[Collected data entries]
__________
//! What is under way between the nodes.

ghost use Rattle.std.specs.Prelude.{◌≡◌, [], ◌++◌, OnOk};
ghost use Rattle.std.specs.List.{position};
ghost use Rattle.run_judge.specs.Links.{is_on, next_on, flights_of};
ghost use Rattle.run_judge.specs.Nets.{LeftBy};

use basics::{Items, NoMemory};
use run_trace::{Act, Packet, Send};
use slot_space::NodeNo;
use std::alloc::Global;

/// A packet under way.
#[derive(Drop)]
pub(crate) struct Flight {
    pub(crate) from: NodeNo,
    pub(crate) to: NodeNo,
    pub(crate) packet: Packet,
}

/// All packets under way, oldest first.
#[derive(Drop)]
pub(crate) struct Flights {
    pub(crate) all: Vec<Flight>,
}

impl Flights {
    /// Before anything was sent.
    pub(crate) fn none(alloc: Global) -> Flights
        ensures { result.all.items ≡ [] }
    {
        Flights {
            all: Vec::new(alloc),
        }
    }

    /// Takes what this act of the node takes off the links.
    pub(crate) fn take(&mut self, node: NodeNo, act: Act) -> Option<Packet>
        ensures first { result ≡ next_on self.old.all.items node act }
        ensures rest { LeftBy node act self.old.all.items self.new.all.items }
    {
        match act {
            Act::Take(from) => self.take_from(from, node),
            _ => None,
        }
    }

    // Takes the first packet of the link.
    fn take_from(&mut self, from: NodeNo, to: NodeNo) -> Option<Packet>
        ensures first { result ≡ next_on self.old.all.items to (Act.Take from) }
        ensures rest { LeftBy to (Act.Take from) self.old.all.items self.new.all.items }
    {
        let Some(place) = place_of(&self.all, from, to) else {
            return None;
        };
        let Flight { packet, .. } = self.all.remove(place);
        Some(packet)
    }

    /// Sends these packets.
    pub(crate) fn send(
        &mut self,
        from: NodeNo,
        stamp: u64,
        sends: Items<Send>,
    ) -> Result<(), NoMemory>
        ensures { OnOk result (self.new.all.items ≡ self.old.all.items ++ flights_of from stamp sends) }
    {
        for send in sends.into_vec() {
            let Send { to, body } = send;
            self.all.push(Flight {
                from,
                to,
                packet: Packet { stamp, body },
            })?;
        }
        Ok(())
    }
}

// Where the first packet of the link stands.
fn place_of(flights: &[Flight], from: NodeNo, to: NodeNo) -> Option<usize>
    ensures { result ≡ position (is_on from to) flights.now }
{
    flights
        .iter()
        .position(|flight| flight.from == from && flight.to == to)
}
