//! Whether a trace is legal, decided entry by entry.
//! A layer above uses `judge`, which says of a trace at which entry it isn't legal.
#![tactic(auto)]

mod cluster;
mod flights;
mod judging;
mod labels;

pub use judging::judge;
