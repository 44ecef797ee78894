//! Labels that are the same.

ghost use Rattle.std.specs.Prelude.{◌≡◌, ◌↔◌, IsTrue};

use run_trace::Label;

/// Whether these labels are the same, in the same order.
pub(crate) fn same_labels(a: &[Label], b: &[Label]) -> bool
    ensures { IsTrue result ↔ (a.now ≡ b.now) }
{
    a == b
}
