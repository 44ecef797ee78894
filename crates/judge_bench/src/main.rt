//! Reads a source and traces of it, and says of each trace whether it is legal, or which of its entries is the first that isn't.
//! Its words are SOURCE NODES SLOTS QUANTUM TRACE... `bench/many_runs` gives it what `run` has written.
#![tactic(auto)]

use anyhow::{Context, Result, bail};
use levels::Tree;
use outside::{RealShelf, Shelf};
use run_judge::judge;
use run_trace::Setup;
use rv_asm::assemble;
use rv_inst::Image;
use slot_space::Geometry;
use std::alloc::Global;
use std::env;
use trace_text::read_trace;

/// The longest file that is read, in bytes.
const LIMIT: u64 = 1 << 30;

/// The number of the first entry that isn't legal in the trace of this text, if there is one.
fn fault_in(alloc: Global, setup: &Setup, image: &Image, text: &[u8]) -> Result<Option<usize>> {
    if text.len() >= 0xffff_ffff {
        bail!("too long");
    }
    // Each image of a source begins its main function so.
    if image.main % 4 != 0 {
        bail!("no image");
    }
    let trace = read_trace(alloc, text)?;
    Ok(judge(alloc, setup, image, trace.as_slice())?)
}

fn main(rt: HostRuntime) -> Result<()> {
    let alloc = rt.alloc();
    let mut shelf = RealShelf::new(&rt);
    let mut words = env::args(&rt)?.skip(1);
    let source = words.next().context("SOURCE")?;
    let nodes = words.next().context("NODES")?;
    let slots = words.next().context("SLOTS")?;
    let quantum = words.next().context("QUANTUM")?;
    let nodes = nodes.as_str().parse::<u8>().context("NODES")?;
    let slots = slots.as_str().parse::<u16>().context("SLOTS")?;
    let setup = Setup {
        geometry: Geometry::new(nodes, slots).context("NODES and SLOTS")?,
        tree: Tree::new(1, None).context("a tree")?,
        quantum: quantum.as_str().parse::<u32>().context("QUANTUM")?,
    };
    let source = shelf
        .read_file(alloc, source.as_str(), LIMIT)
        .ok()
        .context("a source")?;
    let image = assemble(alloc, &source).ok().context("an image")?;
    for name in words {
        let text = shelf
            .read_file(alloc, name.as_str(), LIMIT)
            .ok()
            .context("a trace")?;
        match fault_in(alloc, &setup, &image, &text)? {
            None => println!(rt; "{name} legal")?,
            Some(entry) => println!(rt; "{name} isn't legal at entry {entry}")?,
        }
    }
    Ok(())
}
__________
**Exercise description**
Across the data, pull every line containing the string "Global".

**Exercise result**
use std::alloc::Global;
    pub(crate) fn none(alloc: Global) -> Flights
use std::alloc::Global;
fn fault_in(alloc: Global, setup: &Setup, image: &Image, text: &[u8]) -> Result<Option<usize>> {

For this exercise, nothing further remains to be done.